Stored data:
──────

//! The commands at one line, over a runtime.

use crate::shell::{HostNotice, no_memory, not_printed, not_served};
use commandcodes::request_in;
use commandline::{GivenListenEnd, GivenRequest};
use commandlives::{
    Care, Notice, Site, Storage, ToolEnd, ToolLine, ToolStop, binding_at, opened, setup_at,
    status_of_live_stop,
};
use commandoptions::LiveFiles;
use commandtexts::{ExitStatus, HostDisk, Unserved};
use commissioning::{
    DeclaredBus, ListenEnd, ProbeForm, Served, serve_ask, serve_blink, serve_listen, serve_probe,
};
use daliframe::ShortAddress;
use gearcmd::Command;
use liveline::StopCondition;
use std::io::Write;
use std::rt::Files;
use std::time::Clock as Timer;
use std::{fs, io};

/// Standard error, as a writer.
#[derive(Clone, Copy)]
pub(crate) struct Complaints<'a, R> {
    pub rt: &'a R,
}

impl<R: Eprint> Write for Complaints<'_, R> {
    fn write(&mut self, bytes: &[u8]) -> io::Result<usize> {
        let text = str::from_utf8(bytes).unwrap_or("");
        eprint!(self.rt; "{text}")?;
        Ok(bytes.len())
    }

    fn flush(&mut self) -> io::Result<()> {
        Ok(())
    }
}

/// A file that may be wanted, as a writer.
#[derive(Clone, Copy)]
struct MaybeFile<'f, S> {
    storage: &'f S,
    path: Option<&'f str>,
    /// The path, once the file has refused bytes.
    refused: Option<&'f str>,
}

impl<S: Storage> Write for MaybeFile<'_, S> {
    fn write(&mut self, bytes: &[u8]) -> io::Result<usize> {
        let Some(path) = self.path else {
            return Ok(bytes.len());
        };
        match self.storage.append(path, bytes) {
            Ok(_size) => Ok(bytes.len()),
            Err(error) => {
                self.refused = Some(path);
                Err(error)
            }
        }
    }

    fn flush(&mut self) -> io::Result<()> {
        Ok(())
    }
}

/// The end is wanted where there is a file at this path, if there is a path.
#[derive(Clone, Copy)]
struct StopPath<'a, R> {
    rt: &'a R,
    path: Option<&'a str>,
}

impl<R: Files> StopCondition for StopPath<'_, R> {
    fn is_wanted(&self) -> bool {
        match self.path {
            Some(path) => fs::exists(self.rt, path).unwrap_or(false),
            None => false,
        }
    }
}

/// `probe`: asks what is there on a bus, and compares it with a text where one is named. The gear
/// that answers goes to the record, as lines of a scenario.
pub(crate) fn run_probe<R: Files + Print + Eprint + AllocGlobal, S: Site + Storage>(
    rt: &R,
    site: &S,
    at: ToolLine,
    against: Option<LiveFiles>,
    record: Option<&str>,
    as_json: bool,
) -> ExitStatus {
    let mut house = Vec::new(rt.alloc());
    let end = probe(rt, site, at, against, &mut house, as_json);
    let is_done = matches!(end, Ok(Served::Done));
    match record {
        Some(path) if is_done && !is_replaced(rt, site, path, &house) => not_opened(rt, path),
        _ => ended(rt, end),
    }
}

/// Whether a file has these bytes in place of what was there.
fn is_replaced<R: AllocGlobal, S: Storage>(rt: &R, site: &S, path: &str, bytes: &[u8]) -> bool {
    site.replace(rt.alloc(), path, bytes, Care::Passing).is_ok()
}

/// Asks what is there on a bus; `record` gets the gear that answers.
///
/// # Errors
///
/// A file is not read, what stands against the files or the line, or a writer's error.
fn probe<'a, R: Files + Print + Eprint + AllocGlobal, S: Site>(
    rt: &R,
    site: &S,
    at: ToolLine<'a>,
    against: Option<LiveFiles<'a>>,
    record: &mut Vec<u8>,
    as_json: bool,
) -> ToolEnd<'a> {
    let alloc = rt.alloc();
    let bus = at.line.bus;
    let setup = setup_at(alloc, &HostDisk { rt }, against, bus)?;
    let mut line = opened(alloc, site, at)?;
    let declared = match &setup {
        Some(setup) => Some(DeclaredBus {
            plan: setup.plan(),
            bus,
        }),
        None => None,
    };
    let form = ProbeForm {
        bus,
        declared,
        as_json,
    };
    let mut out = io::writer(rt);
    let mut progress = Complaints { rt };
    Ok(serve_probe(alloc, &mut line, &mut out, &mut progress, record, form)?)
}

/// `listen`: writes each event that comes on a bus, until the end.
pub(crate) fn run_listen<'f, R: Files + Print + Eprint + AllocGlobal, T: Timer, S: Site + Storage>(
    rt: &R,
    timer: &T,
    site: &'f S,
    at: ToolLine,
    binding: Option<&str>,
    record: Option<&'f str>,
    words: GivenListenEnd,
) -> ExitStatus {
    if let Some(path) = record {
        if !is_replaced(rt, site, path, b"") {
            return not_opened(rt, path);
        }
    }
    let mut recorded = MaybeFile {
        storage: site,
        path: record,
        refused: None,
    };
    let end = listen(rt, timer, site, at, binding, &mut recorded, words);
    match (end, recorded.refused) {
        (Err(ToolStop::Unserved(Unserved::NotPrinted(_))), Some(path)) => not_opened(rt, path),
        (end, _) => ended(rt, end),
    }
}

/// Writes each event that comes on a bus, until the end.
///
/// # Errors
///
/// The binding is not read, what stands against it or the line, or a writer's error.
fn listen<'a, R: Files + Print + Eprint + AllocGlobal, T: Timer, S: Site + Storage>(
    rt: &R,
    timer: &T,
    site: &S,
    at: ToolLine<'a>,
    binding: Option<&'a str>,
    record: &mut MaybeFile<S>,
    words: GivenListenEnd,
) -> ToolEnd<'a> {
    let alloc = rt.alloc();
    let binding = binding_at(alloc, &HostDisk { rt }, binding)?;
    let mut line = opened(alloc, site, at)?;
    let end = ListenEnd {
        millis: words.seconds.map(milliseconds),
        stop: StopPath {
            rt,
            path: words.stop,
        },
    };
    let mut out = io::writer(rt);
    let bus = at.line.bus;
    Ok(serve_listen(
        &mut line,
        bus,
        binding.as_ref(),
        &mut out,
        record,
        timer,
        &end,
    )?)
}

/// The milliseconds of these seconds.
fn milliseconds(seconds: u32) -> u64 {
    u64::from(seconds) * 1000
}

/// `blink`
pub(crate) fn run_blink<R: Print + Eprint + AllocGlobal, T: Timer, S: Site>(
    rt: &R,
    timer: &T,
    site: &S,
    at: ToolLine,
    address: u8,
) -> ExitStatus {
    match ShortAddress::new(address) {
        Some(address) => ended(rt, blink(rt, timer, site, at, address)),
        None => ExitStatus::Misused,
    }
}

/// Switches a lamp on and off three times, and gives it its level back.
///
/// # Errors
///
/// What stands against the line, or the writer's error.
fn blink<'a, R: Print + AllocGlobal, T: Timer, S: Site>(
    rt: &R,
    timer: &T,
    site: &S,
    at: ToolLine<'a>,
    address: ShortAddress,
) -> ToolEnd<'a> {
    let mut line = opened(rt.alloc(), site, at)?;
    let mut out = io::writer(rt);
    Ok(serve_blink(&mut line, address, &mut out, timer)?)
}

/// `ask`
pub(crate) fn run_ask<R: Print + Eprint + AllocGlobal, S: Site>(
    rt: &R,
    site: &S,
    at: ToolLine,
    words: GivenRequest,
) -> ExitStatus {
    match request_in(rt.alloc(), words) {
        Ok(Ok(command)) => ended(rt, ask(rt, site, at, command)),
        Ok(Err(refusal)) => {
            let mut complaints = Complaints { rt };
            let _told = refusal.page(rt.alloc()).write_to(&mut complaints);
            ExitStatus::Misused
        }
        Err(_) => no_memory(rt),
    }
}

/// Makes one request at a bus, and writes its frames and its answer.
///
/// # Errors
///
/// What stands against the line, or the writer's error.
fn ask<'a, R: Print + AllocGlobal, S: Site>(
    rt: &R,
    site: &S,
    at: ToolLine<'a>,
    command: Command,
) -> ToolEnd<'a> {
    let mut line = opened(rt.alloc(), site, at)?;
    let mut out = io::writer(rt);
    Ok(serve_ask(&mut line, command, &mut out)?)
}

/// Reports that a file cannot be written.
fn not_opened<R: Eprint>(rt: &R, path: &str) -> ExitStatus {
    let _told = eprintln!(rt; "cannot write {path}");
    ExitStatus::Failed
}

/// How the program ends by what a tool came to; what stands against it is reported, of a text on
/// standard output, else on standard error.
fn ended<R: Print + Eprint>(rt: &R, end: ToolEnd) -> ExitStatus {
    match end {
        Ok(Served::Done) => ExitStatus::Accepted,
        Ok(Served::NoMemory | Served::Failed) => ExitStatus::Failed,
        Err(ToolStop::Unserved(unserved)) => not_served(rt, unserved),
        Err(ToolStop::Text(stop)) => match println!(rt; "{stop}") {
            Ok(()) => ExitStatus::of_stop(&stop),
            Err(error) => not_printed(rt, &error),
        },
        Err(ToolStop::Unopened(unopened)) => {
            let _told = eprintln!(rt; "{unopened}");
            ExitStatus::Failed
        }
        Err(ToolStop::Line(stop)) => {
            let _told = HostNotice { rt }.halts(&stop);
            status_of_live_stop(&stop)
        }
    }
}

──────

▶ [Problem to work on] Report how many lines above hold "StopPath", number only.

▶ [Written reply] 3